Qubole incident

Cluster failure on the wellness.qubole.com

Critical Resolved View vendor source →

Qubole experienced a critical incident on April 19, 2021 affecting Cluster Operations, lasting 3d. The incident has been resolved; the full update timeline is below.

Started
Apr 19, 2021, 05:10 PM UTC
Resolved
Apr 22, 2021, 05:45 PM UTC
Duration
3d
Detected by Pingoru
Apr 19, 2021, 05:10 PM UTC

Affected components

Cluster Operations

Update timeline

  1. investigating Apr 19, 2021, 05:10 PM UTC

    Clusters in the wellness.qubole.com environment are offline. Support and Devops are investigating the cause of this issue at a critical priority, and will update this page with more information as it is available.

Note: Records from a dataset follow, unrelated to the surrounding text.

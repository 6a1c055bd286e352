//! Locks on ranges of keys, held by transactions until they end.
//!
//! Whoever reads a range must not meet keys that another transaction puts into it, or takes out, before the first one
//! ends. So locks stand on half-open ranges of keys, and not on keys that were found (Gray, Lorie, Putzolu and Traiger
//! 1976); a single key is the range from it up to the next possible key.
//!
//! The model is what is held: locks, each a transaction, a range and a mode (`specs/Lock`, `specs/Held`). What is
//! promised, in its words:
//!
//! 1. No two held locks conflict: ranges of different transactions that overlap are both shared.
//! 2. [`RangeLocks::acquire`] is refused exactly where another transaction's lock conflicts, and names the least such
//!    transaction, and of its conflicting ranges the one with the least low bound, then the least high bound.
//! 3. [`RangeLocks::covers`] and [`RangeLocks::holders`] are exact.
//! 4. [`RangeLocks::release_all`] leaves every lock of the others, and takes no memory.
//! 5. Where memory runs out, what is held stays as it was.
//!
//! Behind it, locks on single keys stand in ordered sets by key, so that a lock is found, taken and checked in a time that
//! is logarithmic in their number: for each mode one set for short keys, whose entries are small, and one for long ones.
//! For their release each transaction has the bytes of their keys, one key behind the other. The few locks on wider
//! ranges stand in a list for each transaction, and each check looks at all of them.
#![tactic(auto)]

mod entry;
mod holders;
mod key_list;
mod keys;
mod point;
mod point_locks;
mod point_set;
mod range_locks;
mod refusal;
mod release;
mod rival;
mod search;
mod wider;

pub use range_locks::RangeLocks;
pub use refusal::LockRefused;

  2. investigating Apr 19, 2021, 05:42 PM UTC

    Additional detail: Some clusters in the environment appear to be running, but are not accepting commands through airflow. Cluster start/termination responses appear to be inconsistent. Devops is reviewing.

  3. monitoring Apr 22, 2021, 04:58 PM UTC

    Devops believes they have identified an issue causing clusters not to start, and is monitoring their latest change to see if it resolves the issue.

  4. resolved Apr 22, 2021, 05:45 PM UTC

    This incident has been resolved.